### What the exercise asks
Exactly reproduce the lines from the top of the entries below through the line containing "use std::alloc::Global;", with both ends included.

### Available data
++++
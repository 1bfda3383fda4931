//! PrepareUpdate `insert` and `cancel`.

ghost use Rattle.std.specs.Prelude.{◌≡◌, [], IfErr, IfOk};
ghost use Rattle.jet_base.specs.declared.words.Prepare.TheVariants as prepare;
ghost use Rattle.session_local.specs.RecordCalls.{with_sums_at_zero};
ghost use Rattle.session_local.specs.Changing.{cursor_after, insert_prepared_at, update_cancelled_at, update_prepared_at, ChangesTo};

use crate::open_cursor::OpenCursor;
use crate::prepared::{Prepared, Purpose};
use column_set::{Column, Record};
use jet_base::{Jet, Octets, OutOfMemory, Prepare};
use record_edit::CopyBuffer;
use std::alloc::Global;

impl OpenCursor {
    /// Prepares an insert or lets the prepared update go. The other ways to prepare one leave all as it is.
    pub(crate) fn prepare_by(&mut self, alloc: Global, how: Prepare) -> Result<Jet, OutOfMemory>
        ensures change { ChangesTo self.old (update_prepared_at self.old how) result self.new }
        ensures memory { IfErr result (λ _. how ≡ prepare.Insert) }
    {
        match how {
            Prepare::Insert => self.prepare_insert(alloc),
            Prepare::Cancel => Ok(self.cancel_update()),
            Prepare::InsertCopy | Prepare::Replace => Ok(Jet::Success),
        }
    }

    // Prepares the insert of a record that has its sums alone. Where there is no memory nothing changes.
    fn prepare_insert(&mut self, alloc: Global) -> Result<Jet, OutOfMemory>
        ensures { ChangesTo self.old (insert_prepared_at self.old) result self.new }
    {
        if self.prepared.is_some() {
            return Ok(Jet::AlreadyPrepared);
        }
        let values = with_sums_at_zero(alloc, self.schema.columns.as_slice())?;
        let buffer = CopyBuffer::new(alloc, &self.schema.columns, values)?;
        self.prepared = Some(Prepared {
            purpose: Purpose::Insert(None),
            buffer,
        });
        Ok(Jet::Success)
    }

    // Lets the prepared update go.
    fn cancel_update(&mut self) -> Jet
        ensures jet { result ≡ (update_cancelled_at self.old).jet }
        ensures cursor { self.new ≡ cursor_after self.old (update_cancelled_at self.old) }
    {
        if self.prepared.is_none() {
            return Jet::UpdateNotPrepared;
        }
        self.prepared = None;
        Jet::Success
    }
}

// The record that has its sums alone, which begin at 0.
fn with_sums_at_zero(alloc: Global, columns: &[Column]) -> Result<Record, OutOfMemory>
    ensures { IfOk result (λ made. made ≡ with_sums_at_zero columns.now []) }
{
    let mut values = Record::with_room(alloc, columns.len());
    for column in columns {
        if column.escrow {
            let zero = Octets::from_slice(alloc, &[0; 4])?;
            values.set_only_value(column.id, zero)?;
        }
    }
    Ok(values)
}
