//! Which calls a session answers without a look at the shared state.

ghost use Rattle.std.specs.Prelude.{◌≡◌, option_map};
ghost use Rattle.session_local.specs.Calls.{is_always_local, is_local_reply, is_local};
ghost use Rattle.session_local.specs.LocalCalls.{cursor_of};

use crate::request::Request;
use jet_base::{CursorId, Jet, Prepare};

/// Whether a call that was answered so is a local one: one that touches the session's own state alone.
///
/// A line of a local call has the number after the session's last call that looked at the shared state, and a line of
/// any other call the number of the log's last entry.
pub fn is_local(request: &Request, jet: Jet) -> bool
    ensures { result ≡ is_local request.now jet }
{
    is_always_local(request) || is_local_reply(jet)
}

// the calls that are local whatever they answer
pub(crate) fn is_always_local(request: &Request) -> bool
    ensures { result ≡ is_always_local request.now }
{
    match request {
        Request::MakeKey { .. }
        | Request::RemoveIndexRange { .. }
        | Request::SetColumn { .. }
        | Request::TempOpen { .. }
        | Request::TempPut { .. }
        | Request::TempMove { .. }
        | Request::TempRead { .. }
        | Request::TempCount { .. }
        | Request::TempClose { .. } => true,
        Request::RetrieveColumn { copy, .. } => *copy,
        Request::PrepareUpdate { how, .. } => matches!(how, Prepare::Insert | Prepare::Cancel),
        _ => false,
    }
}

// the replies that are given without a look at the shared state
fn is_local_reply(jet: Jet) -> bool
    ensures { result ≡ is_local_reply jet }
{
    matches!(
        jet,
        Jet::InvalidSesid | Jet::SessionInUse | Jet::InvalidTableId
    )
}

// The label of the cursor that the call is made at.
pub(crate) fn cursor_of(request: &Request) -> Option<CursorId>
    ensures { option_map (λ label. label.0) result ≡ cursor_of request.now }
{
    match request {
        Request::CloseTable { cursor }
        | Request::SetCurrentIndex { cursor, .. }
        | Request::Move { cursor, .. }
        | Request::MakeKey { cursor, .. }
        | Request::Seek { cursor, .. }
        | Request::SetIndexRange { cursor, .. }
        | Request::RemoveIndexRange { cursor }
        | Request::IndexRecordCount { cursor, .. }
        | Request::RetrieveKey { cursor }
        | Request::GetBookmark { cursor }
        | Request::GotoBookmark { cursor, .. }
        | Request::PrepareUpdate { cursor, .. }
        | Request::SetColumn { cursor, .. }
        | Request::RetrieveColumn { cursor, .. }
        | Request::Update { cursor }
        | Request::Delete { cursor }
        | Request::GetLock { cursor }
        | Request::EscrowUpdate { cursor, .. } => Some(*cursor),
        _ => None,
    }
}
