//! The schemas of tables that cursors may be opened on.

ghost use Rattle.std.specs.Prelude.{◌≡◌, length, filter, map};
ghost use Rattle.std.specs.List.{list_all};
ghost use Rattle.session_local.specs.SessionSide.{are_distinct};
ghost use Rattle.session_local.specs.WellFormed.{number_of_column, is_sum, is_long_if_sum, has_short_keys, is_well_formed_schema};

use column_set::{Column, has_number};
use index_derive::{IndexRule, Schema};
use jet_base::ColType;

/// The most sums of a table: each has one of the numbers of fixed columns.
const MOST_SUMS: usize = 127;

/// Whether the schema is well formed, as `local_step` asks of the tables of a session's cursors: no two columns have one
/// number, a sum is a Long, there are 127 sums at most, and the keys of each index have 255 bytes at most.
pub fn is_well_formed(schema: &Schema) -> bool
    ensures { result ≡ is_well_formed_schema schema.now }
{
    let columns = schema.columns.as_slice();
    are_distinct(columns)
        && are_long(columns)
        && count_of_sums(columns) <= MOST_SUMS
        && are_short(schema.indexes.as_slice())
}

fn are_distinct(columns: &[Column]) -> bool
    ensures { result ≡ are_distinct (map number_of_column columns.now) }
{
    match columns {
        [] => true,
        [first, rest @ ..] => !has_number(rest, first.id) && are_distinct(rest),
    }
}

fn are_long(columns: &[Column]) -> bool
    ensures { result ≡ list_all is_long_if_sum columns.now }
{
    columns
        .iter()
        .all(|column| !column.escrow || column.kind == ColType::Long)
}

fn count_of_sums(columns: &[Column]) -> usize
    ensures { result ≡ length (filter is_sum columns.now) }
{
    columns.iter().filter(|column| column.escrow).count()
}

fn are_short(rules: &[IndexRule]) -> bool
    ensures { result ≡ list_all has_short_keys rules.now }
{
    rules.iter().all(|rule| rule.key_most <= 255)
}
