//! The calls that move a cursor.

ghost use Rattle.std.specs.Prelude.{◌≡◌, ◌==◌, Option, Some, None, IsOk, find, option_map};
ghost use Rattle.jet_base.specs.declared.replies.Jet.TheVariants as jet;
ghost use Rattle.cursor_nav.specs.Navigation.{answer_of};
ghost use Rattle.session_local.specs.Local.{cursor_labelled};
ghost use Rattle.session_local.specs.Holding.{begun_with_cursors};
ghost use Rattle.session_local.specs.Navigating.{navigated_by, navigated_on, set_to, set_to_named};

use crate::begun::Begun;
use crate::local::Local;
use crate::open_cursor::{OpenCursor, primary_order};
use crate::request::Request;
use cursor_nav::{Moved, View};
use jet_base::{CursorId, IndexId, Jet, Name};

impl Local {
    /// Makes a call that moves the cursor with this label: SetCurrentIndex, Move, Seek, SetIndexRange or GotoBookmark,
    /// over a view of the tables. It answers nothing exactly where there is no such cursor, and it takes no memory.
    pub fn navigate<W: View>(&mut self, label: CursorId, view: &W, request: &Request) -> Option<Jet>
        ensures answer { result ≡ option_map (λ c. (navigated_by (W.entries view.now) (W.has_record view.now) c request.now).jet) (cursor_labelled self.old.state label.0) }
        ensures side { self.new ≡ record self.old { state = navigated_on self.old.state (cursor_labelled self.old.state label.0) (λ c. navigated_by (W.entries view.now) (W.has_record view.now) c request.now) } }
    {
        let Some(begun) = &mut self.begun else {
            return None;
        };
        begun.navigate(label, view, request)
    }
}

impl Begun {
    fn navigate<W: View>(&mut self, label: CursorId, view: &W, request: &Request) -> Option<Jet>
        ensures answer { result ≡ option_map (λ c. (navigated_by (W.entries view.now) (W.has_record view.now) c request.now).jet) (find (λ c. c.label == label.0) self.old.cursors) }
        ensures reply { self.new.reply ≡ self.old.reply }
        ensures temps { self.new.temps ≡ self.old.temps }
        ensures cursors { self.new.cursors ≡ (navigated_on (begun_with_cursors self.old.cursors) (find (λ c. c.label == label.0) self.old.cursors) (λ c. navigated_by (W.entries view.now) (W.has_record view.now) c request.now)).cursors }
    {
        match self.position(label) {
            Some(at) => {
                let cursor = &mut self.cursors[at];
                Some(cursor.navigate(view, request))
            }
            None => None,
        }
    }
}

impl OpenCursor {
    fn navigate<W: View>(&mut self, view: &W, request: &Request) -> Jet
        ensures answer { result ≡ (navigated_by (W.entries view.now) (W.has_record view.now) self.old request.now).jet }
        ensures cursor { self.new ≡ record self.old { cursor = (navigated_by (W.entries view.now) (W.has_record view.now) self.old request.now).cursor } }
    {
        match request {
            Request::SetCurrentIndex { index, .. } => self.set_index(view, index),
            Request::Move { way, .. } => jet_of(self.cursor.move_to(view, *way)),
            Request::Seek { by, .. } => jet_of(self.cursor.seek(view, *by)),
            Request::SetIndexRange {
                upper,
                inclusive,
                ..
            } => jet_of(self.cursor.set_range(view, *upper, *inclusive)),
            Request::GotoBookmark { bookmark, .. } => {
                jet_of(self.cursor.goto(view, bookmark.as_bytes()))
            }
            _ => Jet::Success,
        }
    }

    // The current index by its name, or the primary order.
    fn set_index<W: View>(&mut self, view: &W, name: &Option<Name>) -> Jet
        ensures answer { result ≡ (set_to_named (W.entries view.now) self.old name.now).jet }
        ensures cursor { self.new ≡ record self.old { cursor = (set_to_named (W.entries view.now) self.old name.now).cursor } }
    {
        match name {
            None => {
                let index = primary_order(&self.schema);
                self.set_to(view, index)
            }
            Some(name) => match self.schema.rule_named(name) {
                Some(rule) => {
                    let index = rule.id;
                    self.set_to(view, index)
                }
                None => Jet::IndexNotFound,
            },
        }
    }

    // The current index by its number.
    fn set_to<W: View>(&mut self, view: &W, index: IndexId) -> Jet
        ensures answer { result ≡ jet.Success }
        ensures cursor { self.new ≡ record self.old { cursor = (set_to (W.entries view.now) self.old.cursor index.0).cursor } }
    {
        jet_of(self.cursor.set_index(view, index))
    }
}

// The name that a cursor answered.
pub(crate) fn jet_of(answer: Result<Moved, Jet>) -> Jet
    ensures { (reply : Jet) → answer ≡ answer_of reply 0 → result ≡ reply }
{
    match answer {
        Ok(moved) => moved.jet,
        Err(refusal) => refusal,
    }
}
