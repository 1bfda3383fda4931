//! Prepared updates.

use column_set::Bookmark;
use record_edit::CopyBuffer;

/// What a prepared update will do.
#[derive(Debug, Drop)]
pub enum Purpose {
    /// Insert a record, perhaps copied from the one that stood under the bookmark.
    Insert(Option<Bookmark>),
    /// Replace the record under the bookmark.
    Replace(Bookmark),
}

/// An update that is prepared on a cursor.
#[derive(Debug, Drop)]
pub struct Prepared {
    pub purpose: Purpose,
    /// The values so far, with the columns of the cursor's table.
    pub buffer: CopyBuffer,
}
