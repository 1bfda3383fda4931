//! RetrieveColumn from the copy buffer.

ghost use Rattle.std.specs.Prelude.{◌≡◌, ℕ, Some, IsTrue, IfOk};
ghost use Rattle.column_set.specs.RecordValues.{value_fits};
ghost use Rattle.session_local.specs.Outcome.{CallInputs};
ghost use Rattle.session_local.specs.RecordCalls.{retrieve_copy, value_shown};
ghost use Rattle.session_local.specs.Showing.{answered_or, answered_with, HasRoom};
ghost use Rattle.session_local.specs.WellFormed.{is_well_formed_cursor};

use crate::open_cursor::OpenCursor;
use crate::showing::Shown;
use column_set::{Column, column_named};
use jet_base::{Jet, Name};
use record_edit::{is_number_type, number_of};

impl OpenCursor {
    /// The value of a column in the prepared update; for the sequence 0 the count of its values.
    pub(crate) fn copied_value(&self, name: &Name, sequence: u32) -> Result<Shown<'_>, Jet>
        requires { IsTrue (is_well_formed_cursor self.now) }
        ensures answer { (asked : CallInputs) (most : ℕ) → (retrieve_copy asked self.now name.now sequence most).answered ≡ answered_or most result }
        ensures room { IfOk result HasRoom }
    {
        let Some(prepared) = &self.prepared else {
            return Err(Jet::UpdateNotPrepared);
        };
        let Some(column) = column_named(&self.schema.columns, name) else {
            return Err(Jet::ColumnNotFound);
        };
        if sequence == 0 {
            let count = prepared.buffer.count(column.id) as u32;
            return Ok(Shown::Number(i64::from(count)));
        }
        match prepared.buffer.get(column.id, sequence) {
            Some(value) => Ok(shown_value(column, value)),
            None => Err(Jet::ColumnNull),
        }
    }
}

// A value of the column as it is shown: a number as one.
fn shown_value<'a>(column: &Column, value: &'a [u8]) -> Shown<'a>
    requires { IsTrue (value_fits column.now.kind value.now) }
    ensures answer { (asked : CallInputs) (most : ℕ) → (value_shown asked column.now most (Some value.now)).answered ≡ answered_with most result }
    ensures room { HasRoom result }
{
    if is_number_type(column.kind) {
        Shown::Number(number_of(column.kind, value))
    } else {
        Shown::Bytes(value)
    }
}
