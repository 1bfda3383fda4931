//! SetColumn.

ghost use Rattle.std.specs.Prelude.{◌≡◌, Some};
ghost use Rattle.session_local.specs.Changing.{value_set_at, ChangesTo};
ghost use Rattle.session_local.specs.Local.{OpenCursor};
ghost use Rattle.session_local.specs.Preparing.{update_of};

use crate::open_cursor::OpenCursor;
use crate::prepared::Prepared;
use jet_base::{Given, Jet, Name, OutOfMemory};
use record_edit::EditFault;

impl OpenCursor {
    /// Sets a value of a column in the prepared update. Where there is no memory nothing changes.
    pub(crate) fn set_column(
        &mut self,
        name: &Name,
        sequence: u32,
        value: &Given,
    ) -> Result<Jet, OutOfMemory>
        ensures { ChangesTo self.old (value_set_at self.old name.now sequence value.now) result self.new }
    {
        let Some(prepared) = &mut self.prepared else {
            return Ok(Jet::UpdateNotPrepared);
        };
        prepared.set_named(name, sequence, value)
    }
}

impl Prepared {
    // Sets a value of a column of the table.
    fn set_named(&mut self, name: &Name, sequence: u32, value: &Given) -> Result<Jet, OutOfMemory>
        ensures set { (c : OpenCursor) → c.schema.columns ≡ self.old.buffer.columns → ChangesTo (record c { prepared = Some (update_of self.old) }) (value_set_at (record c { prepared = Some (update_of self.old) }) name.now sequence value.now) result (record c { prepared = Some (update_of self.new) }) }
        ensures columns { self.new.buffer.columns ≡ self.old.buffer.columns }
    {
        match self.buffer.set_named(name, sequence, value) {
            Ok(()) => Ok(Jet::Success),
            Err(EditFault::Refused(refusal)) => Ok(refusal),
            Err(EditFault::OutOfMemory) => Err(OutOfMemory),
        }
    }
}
++++
### Written reply
repository 1bfda3383fda4931
//! PrepareUpdate `insert` and `cancel`.

ghost use Rattle.std.specs.Prelude.{◌≡◌, [], IfErr, IfOk};
ghost use Rattle.jet_base.specs.declared.words.Prepare.TheVariants as prepare;
ghost use Rattle.session_local.specs.RecordCalls.{with_sums_at_zero};
ghost use Rattle.session_local.specs.Changing.{cursor_after, insert_prepared_at, update_cancelled_at, update_prepared_at, ChangesTo};

use crate::open_cursor::OpenCursor;
use crate::prepared::{Prepared, Purpose};
use column_set::{Column, Record};
use jet_base::{Jet, Octets, OutOfMemory, Prepare};
use record_edit::CopyBuffer;
use std::alloc::Global;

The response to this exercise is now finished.